Please write each entry out again exactly as shown.

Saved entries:
════
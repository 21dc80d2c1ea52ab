// Callbacks on dependencies. Such a callback runs at each change of one of its dependencies, so it is
// plain code that stays in its table until all are dropped.
use hmr_types::{ModName, Sequence};
use module_tree::HandlerCode;

/// A callback on dependencies.
#[derive(Drop)]
pub struct Dep {
    /// The modules that it accepts, one for each of its parameters.
    pub deps: Sequence<ModName>,
    pub code: HandlerCode,
}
════
§ **Exercise result**:
repository 21dc80d2c1ea52ab
// Callbacks on dependencies. Such a callback runs at each change of one of its dependencies, so it is
// plain code that stays in its table until all are dropped.
use hmr_types::{ModName, Sequence};
use module_tree::HandlerCode;

/// A callback on dependencies.
#[derive(Drop)]
pub struct Dep {
    /// The modules that it accepts, one for each of its parameters.
    pub deps: Sequence<ModName>,
    pub code: HandlerCode,
}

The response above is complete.